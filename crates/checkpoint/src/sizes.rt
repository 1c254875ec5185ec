//! How large a base is, by numbers that tables keep.

ghost use Rattle.std.specs.Prelude.{◌≡◌, ℕ, ◌+◌, ◌-◌, ◌*◌, ◌^◌, ◌<◌, ◌==◌, cond, min, List};
ghost use Rattle.voice_units.specs.declared.Piece.{Piece};
ghost use Rattle.voice_units.specs.Spots.{Spot};
ghost use Rattle.voice_model.specs.Samples.{Tagged, spot_of};
ghost use Rattle.voice_model.specs.State.{Durable};
ghost use Rattle.voice_model.specs.Changes as model;
ghost use Rattle.voice_model.specs.Replay.{durable_by};
ghost use Rattle.recovery.specs.Shown.{Shows};
ghost use Rattle.checkpoint.specs.Size.{size_by_numbers, numbers_in, AreSmall};
ghost use Rattle.checkpoint.specs.Size as sizes;

use recovery::Parts;

/// What a base spells, in numbers: the blocks that live ropes use and the files of these, each once; the live ropes and all their pieces; the rows, and the bytes of all their keys and of all their notes.
#[derive(Clone, Copy, Debug, PartialEq, Eq)]
pub struct BaseNumbers {
    pub files: u64,
    pub blocks: u64,
    pub ropes: u64,
    pub pieces: u64,
    pub rows: u64,
    pub key_bytes: u64,
    pub note_bytes: u64,
}

/// The bytes that form 2 takes besides: two more for each address, and one for each rope's last class.
fn wide_bytes(form: u8, numbers: &BaseNumbers) -> u128
    ensures { result ≡ cond (form == 2) (2 * numbers.now.blocks + numbers.now.ropes) 0 }
{
    if form != 2 {
        return 0;
    }
    2 * u128::from(numbers.blocks) + u128::from(numbers.ropes)
}

/// The bytes that a base takes as records, with their gates and lengths.
fn framed_bytes(form: u8, numbers: &BaseNumbers) -> u128
    ensures { result ≡ size_by_numbers form numbers.now }
{
    let files = 18 * u128::from(numbers.files) + 6 * u128::from(numbers.blocks);
    let ropes = 24 * u128::from(numbers.ropes) + 16 * u128::from(numbers.pieces);
    let texts = u128::from(numbers.key_bytes) + u128::from(numbers.note_bytes);
    let rows = 17 * u128::from(numbers.rows) + texts;
    22 + files + ropes + rows + wide_bytes(form, numbers)
}

/// The bytes that a base of a form, 1 or 2, takes as records, with their gates and lengths; `u64::MAX` where it takes more.
pub fn base_size(form: u8, numbers: &BaseNumbers) -> u64
    ensures value { result ≡ min (size_by_numbers form numbers.now) (2 ^ 64 - 1) }
    ensures small { AreSmall numbers.now → result ≡ size_by_numbers form numbers.now }
    ensures model { (d : Durable Tagged) → numbers.now ≡ numbers_in d → result ≡ min (model.base_size form d) (2 ^ 64 - 1) }
{
    match u64::try_from(framed_bytes(form, numbers)) {
        Ok(size) => size,
        Err(_) => u64::MAX,
    }
}

/// The numbers of a base of these parts, as the tables count them.
fn counted(parts: &Parts) -> BaseNumbers
    ensures { result ≡ sizes.numbers_of parts.now.ropes parts.now.interests.rows }
{
    BaseNumbers {
        files: parts.ropes.live_files(),
        blocks: parts.ropes.live_blocks(),
        ropes: parts.ropes.count() as u64,
        pieces: parts.ropes.live_pieces(),
        rows: u64::from(parts.interests.len()),
        key_bytes: parts.interests.key_bytes(),
        note_bytes: parts.interests.note_bytes(),
    }
}

/// The bytes that a base of the parts takes in their form, as records with their gates and lengths. The tables count them: no base is made.
pub fn parts_size(parts: &Parts) -> u128
    ensures size { (held : List (List Piece)) (d : Durable Spot) (fill : Spot → Tagged) → Shows held parts.now d → ((x : Spot) → spot_of (fill x) ≡ x) → result ≡ model.base_size parts.now.form (durable_by fill d) }
    ensures limit { result < 2 ^ 72 }
{
    framed_bytes(parts.form, &counted(parts))
}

+ + + + +

* **EXERCISE**: Restate the data word for word, leaving nothing out.

* **ANSWER**:
filename crates/checkpoint/src/sizes.rt
repository 1c254875ec5185ec
//! How large a base is, by numbers that tables keep.

ghost use Rattle.std.specs.Prelude.{◌≡◌, ℕ, ◌+◌, ◌-◌, ◌*◌, ◌^◌, ◌<◌, ◌==◌, cond, min, List};
ghost use Rattle.voice_units.specs.declared.Piece.{Piece};
ghost use Rattle.voice_units.specs.Spots.{Spot};
ghost use Rattle.voice_model.specs.Samples.{Tagged, spot_of};
ghost use Rattle.voice_model.specs.State.{Durable};
ghost use Rattle.voice_model.specs.Changes as model;
ghost use Rattle.voice_model.specs.Replay.{durable_by};
ghost use Rattle.recovery.specs.Shown.{Shows};
ghost use Rattle.checkpoint.specs.Size.{size_by_numbers, numbers_in, AreSmall};
ghost use Rattle.checkpoint.specs.Size as sizes;

use recovery::Parts;

/// What a base spells, in numbers: the blocks that live ropes use and the files of these, each once; the live ropes and all their pieces; the rows, and the bytes of all their keys and of all their notes.
#[derive(Clone, Copy, Debug, PartialEq, Eq)]
pub struct BaseNumbers {
    pub files: u64,
    pub blocks: u64,
    pub ropes: u64,
    pub pieces: u64,
    pub rows: u64,
    pub key_bytes: u64,
    pub note_bytes: u64,
}

/// The bytes that form 2 takes besides: two more for each address, and one for each rope's last class.
fn wide_bytes(form: u8, numbers: &BaseNumbers) -> u128
    ensures { result ≡ cond (form == 2) (2 * numbers.now.blocks + numbers.now.ropes) 0 }
{
    if form != 2 {
        return 0;
    }
    2 * u128::from(numbers.blocks) + u128::from(numbers.ropes)
}

/// The bytes that a base takes as records, with their gates and lengths.
fn framed_bytes(form: u8, numbers: &BaseNumbers) -> u128
    ensures { result ≡ size_by_numbers form numbers.now }
{
    let files = 18 * u128::from(numbers.files) + 6 * u128::from(numbers.blocks);
    let ropes = 24 * u128::from(numbers.ropes) + 16 * u128::from(numbers.pieces);
    let texts = u128::from(numbers.key_bytes) + u128::from(numbers.note_bytes);
    let rows = 17 * u128::from(numbers.rows) + texts;
    22 + files + ropes + rows + wide_bytes(form, numbers)
}

/// The bytes that a base of a form, 1 or 2, takes as records, with their gates and lengths; `u64::MAX` where it takes more.
pub fn base_size(form: u8, numbers: &BaseNumbers) -> u64
    ensures value { result ≡ min (size_by_numbers form numbers.now) (2 ^ 64 - 1) }
    ensures small { AreSmall numbers.now → result ≡ size_by_numbers form numbers.now }
    ensures model { (d : Durable Tagged) → numbers.now ≡ numbers_in d → result ≡ min (model.base_size form d) (2 ^ 64 - 1) }
{
    match u64::try_from(framed_bytes(form, numbers)) {
        Ok(size) => size,
        Err(_) => u64::MAX,
    }
}

/// The numbers of a base of these parts, as the tables count them.
fn counted(parts: &Parts) -> BaseNumbers
    ensures { result ≡ sizes.numbers_of parts.now.ropes parts.now.interests.rows }
{
    BaseNumbers {
        files: parts.ropes.live_files(),
        blocks: parts.ropes.live_blocks(),
        ropes: parts.ropes.count() as u64,
        pieces: parts.ropes.live_pieces(),
        rows: u64::from(parts.interests.len()),
        key_bytes: parts.interests.key_bytes(),
        note_bytes: parts.interests.note_bytes(),
    }
}

/// The bytes that a base of the parts takes in their form, as records with their gates and lengths. The tables count them: no base is made.
pub fn parts_size(parts: &Parts) -> u128
    ensures size { (held : List (List Piece)) (d : Durable Spot) (fill : Spot → Tagged) → Shows held parts.now d → ((x : Spot) → spot_of (fill x) ≡ x) → result ≡ model.base_size parts.now.form (durable_by fill d) }
    ensures limit { result < 2 ^ 72 }
{
    framed_bytes(parts.form, &counted(parts))
}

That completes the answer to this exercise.